1. BÖLÜM

98 36 31
                                    

Yaslandığım duvardan sırtımı ayırıp gökyüzüne baktım. Kavurucu sıcak yüzünden tenimden akan terdamlaları beyaz tşörtümü ıslatıyordu. Yan bir göz ile baktığım beş tane koli kapının önünde yeni evine girmeyi bekliyordu. İç çekip birkaç adım attım ve yerde duran kolilerden iki tanesini üst üste koyduktan sonra kucağıma aldım . Beşinci kata yeni taşınıyorduk , gelir gelmez talihsizlikler bizi bulmuştu ve asansör bozulmuştu. Neticede yaklaşık kırk a yakın koliyi abim ve ben taşımak zorunda kalmıştık . Merdivenlerden her çıktığımda bir ter damlası daha şakaklarımdan akıyordu. dördüncü kata geldiğimde kolileri yere bıraktım ve derin bir nefes aldım. Kolileri tekrardan kucağıma aldım ve sonunda beşinci kata çıktım . Kapı açık olduğundan hızla içeri daldım ve elimdeki kolileri yere koydum.

''Abi! Dışarda üç tane koli kaldı alsana ya vallahi bak belim büküldü bak , bak yamuldum bak!''

Derin bir iç çekti ve yerdeki kolilerle uğraşmayı bırakıp yanıma geldi. Sarıya kaçan kumral saçları terden sırılsıklam olmuştu. Kahverengi gözlerini uyumak ister gibi yumup kaçtıktan sonra konuşmaya başladı.

''ben gelene kadar tabakları koliden çıkarda silmeye başla sonrada kendi kolilerini alıp odanı ve salondaki balkonu ne yaparsan artık.''

Başımla onu onayladıktan sonra yanımdan geçip merdivenlerden inmeye başladı. Hızla yerde duran tabak kolisini alıp tek tek silmeye ardından da beyaz raflara yerleştirmeye başladım . Sonunda kahvaltı tabakları bittiğinde abimin ayak seslerini duyabiliyordum . Rafa ve kölilere göz gezdirdiğimde birkaç yemek tabağı ve kutu dışında bir şey kalmamıştı son işler etrafı silmek gibi kolay işlerdi.

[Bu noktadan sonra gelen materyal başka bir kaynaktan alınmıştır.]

//! By what keys, values, hashers and closures are told apart.

use super::counts::{Effect, Shared, share};
use std::alloc::AllocError;

/// What is added to a serial number to give that of a copy.
const COPY: u64 = 4_294_967_296;

/// A serial number, and what counts the effects on its owner. One that is made by default counts
/// nothing, and its serial number is 0.
#[derive(Default)]
pub struct Identity {
    serial: u64,
    counts: Shared,
    dropped: Effect,
}

impl Identity {
    /// Makes one with the next serial number, whose drop has the effect.
    pub fn new(counts: &Shared, dropped: Effect) -> Identity {
        Identity {
            serial: match counts {
                Some(counts) => counts.next_serial(),
                None => 0,
            },
            counts: share(counts),
            dropped,
        }
    }

    /// Makes one with the next serial number.
    pub fn again(&self) -> Identity {
        Identity::new(&self.counts, self.dropped)
    }

    /// Makes that of a copy, which is not counted as a clone.
    pub fn copy(&self) -> Identity {
        let mut copy = self.same();
        copy.serial = self.serial.wrapping_add(COPY);
        copy
    }

    /// Makes one with the same serial number.
    pub fn same(&self) -> Identity {
        Identity {
            serial: self.serial,
            counts: share(&self.counts),
            dropped: self.dropped,
        }
    }

    /// Returns the serial number.
    pub fn serial(&self) -> u64 {
        self.serial
    }

    /// Does nothing. A closure that is called more than once calls it to own its identity.
    pub fn hold(&self) {}

    /// Counts an effect.
    pub fn count(&self, effect: Effect) {
        if let Some(counts) = &self.counts {
            counts.count(effect, self.serial);
        }
    }
}

impl Drop for Identity {
    fn drop(self) {
        self.count(self.dropped);
        let Identity {
            serial: _,
            counts,
            dropped: _,
        } = self;
        drop(counts);
    }
}

impl Clone for Identity {
    fn clone(&self) -> Result<Identity, AllocError> {
        self.count(match self.dropped {
            Effect::DropKey => Effect::CloneKey,
            Effect::DropValue => Effect::CloneValue,
            _ => Effect::CloneHasher,
        });
        match &self.counts {
            Some(counts) if counts.refuses_clone() => Err(AllocError),
            _ => Ok(self.copy()),
        }
    }
}
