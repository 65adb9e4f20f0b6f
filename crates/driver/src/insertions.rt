//! Calls that go by the entry of a key.

use super::Map;
use super::call::Call;
use super::entries::{Lent, edit_entry, replace_entry_key};
use super::refusal::Refusal;
use std::alloc::Global;

/// Appends a value that is lent, and adds 1 to its number after that, or what is handed back.
fn show_and_increase(lent: &mut Lent<'_>, call: &Call) {
    match lent {
        Ok(value) => {
            call.show(&**value);
            let increased = value.increased(1);
            **value = increased;
        }
        Err(refused) => refused.show(call),
    }
}

fn and_modify(map: &mut Map, call: &Call) {
    let (key, value) = (call.key(), call.value());
    let guard = call.guard();
    let zero = call.zero();
    let entry = map.entry(key).and_modify(move |lent| {
        drop(guard);
        *lent = value;
    });
    show_and_increase(&mut entry.or_insert(zero), call);
}

/// Asks for one box, whether or not it is given.
fn ask_for_box(alloc: Global) {
    let _ = Box::new(alloc, 0u64);
}

/// Inserts what a closure makes, which may ask for memory too.
fn or_insert_with(map: &mut Map, asks: bool, call: &Call) {
    let (key, value) = (call.key(), call.value());
    let guard = call.guard();
    let alloc = call.alloc;
    let make = move || {
        drop(guard);
        if asks {
            ask_for_box(alloc);
        }
        value
    };
    show_and_increase(&mut map.entry(key).or_insert_with(make), call);
}

fn or_insert_with_key(map: &mut Map, call: &Call) {
    let (key, value) = (call.key(), call.value());
    let guard = call.guard();
    let make = move |_key: &_| {
        drop(guard);
        value
    };
    show_and_increase(&mut map.entry(key).or_insert_with_key(make), call);
}

/// Runs the call of a line, and returns whether there is one.
pub fn run(call: &Call, map: &mut Map) -> bool {
    match call.name() {
        "or_insert" => show_and_increase(&mut map.entry(call.key()).or_insert(call.value()), call),
        "or_insert_with" => or_insert_with(map, false, call),
        "or_insert_with_key" => or_insert_with_key(map, call),
        "or_insert_with_box" => or_insert_with(map, true, call),
        "or_default" => show_and_increase(&mut map.entry(call.key()).or_default(), call),
        "and_modify" => and_modify(map, call),
        "entry" => edit_entry(map, call),
        "entry_key" => {
            let entry = map.entry(call.key());
            call.show(entry.key());
            call.drop_within(entry);
        }
        "entry_replace_key" => replace_entry_key(map, call),
        _ => return false,
    }
    true
}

Abim mutfağa girdiğinde raflara ve kolilere baktığında yüzünde memnun bir ifade vardı.

''Afferim kız beklemezdim senden bu kadar hızlı iş becerebilmeni''

Gözlerimi deviridiğim de yanıma gelip yanağımı çekiştirdikten sonra cebinden sigara paketini çıkardı.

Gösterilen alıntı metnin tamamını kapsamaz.